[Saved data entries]
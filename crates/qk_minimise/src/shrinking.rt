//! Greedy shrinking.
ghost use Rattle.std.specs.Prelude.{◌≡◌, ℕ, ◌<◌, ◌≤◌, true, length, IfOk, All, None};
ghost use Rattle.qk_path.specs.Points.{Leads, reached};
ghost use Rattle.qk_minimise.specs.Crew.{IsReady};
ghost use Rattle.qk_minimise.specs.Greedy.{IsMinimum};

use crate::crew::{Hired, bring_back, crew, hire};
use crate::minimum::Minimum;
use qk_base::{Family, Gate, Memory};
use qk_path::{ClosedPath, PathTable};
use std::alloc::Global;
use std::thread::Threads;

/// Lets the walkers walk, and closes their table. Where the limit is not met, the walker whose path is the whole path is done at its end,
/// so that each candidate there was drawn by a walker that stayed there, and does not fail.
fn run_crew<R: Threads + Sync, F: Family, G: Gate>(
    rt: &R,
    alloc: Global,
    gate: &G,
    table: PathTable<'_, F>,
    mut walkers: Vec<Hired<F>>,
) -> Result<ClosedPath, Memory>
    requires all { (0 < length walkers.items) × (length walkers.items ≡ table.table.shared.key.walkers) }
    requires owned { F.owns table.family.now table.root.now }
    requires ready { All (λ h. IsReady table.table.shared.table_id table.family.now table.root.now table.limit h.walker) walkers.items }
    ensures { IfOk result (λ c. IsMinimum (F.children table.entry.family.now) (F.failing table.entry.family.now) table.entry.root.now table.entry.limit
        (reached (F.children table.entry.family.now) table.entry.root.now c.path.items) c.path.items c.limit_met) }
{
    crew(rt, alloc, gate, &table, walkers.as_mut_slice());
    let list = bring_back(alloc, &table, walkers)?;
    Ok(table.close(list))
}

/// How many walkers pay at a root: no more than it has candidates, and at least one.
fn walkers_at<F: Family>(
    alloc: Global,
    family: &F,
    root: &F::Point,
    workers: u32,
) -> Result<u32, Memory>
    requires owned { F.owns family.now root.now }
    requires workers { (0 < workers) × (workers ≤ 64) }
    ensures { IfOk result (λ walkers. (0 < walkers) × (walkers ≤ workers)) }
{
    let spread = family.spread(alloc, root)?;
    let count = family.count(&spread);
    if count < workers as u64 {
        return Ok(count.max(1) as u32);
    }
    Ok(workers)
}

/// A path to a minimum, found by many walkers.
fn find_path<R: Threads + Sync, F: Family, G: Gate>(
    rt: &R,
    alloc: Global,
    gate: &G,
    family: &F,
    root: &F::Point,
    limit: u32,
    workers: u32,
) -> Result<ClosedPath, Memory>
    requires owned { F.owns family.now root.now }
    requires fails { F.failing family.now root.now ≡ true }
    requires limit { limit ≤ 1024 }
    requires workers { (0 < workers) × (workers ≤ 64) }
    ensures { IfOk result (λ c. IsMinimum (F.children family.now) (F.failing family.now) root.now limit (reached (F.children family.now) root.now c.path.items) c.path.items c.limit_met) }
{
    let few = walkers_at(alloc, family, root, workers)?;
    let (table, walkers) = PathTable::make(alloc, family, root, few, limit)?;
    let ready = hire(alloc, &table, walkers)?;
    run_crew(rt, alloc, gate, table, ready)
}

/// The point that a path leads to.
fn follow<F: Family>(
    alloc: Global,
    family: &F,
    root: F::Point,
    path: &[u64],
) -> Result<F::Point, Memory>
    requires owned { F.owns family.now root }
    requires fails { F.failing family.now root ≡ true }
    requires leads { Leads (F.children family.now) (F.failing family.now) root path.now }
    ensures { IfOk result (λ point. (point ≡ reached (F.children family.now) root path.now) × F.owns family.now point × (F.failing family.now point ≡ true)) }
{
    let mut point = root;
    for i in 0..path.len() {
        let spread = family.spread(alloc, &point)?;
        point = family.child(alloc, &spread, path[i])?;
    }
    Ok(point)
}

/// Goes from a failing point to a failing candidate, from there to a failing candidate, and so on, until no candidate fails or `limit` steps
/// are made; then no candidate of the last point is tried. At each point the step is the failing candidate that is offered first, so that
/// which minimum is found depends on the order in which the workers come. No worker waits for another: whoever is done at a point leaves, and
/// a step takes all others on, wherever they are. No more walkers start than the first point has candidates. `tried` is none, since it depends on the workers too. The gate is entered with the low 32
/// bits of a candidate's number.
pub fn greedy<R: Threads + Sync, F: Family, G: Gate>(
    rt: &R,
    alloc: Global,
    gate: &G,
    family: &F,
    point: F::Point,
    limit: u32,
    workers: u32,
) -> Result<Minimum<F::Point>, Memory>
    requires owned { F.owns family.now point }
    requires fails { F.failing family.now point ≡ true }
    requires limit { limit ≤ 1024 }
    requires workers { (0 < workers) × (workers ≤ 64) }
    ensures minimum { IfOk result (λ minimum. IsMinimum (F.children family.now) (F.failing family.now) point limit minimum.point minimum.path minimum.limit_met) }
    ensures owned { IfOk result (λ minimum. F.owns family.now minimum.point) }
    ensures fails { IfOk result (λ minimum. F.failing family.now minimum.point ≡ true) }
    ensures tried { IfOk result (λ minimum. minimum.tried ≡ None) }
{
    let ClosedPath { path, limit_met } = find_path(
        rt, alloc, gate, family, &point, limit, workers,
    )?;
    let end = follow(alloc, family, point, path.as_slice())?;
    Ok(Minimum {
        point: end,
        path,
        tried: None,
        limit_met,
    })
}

**What you should do**. The records above must be output exactly, in full.

**Your solution**.
filename crates/qk_minimise/src/shrinking.rt
//! Greedy shrinking.
ghost use Rattle.std.specs.Prelude.{◌≡◌, ℕ, ◌<◌, ◌≤◌, true, length, IfOk, All, None};
ghost use Rattle.qk_path.specs.Points.{Leads, reached};
ghost use Rattle.qk_minimise.specs.Crew.{IsReady};
ghost use Rattle.qk_minimise.specs.Greedy.{IsMinimum};

use crate::crew::{Hired, bring_back, crew, hire};
use crate::minimum::Minimum;
use qk_base::{Family, Gate, Memory};
use qk_path::{ClosedPath, PathTable};
use std::alloc::Global;
use std::thread::Threads;

/// Lets the walkers walk, and closes their table. Where the limit is not met, the walker whose path is the whole path is done at its end,
/// so that each candidate there was drawn by a walker that stayed there, and does not fail.
fn run_crew<R: Threads + Sync, F: Family, G: Gate>(
    rt: &R,
    alloc: Global,
    gate: &G,
    table: PathTable<'_, F>,
    mut walkers: Vec<Hired<F>>,
) -> Result<ClosedPath, Memory>
    requires all { (0 < length walkers.items) × (length walkers.items ≡ table.table.shared.key.walkers) }
    requires owned { F.owns table.family.now table.root.now }
    requires ready { All (λ h. IsReady table.table.shared.table_id table.family.now table.root.now table.limit h.walker) walkers.items }
    ensures { IfOk result (λ c. IsMinimum (F.children table.entry.family.now) (F.failing table.entry.family.now) table.entry.root.now table.entry.limit
        (reached (F.children table.entry.family.now) table.entry.root.now c.path.items) c.path.items c.limit_met) }
{
    crew(rt, alloc, gate, &table, walkers.as_mut_slice());
    let list = bring_back(alloc, &table, walkers)?;
    Ok(table.close(list))
}

/// How many walkers pay at a root: no more than it has candidates, and at least one.
fn walkers_at<F: Family>(
    alloc: Global,
    family: &F,
    root: &F::Point,
    workers: u32,
) -> Result<u32, Memory>
    requires owned { F.owns family.now root.now }
    requires workers { (0 < workers) × (workers ≤ 64) }
    ensures { IfOk result (λ walkers. (0 < walkers) × (walkers ≤ workers)) }
{
    let spread = family.spread(alloc, root)?;
    let count = family.count(&spread);
    if count < workers as u64 {
        return Ok(count.max(1) as u32);
    }
    Ok(workers)
}

/// A path to a minimum, found by many walkers.
fn find_path<R: Threads + Sync, F: Family, G: Gate>(
    rt: &R,
    alloc: Global,
    gate: &G,
    family: &F,
    root: &F::Point,
    limit: u32,
    workers: u32,
) -> Result<ClosedPath, Memory>
    requires owned { F.owns family.now root.now }
    requires fails { F.failing family.now root.now ≡ true }
    requires limit { limit ≤ 1024 }
    requires workers { (0 < workers) × (workers ≤ 64) }
    ensures { IfOk result (λ c. IsMinimum (F.children family.now) (F.failing family.now) root.now limit (reached (F.children family.now) root.now c.path.items) c.path.items c.limit_met) }
{
    let few = walkers_at(alloc, family, root, workers)?;
    let (table, walkers) = PathTable::make(alloc, family, root, few, limit)?;
    let ready = hire(alloc, &table, walkers)?;
    run_crew(rt, alloc, gate, table, ready)
}

/// The point that a path leads to.
fn follow<F: Family>(
    alloc: Global,
    family: &F,
    root: F::Point,
    path: &[u64],
) -> Result<F::Point, Memory>
    requires owned { F.owns family.now root }
    requires fails { F.failing family.now root ≡ true }
    requires leads { Leads (F.children family.now) (F.failing family.now) root path.now }
    ensures { IfOk result (λ point. (point ≡ reached (F.children family.now) root path.now) × F.owns family.now point × (F.failing family.now point ≡ true)) }
{
    let mut point = root;
    for i in 0..path.len() {
        let spread = family.spread(alloc, &point)?;
        point = family.child(alloc, &spread, path[i])?;
    }
    Ok(point)
}

/// Goes from a failing point to a failing candidate, from there to a failing candidate, and so on, until no candidate fails or `limit` steps
/// are made; then no candidate of the last point is tried. At each point the step is the failing candidate that is offered first, so that
/// which minimum is found depends on the order in which the workers come. No worker waits for another: whoever is done at a point leaves, and
/// a step takes all others on, wherever they are. No more walkers start than the first point has candidates. `tried` is none, since it depends on the workers too. The gate is entered with the low 32
/// bits of a candidate's number.
pub fn greedy<R: Threads + Sync, F: Family, G: Gate>(
    rt: &R,
    alloc: Global,
    gate: &G,
    family: &F,
    point: F::Point,
    limit: u32,
    workers: u32,
) -> Result<Minimum<F::Point>, Memory>
    requires owned { F.owns family.now point }
    requires fails { F.failing family.now point ≡ true }
    requires limit { limit ≤ 1024 }
    requires workers { (0 < workers) × (workers ≤ 64) }
    ensures minimum { IfOk result (λ minimum. IsMinimum (F.children family.now) (F.failing family.now) point limit minimum.point minimum.path minimum.limit_met) }
    ensures owned { IfOk result (λ minimum. F.owns family.now minimum.point) }
    ensures fails { IfOk result (λ minimum. F.failing family.now minimum.point ≡ true) }
    ensures tried { IfOk result (λ minimum. minimum.tried ≡ None) }
{
    let ClosedPath { path, limit_met } = find_path(
        rt, alloc, gate, family, &point, limit, workers,
    )?;
    let end = follow(alloc, family, point, path.as_slice())?;
    Ok(Minimum {
        point: end,
        path,
        tried: None,
        limit_met,
    })
}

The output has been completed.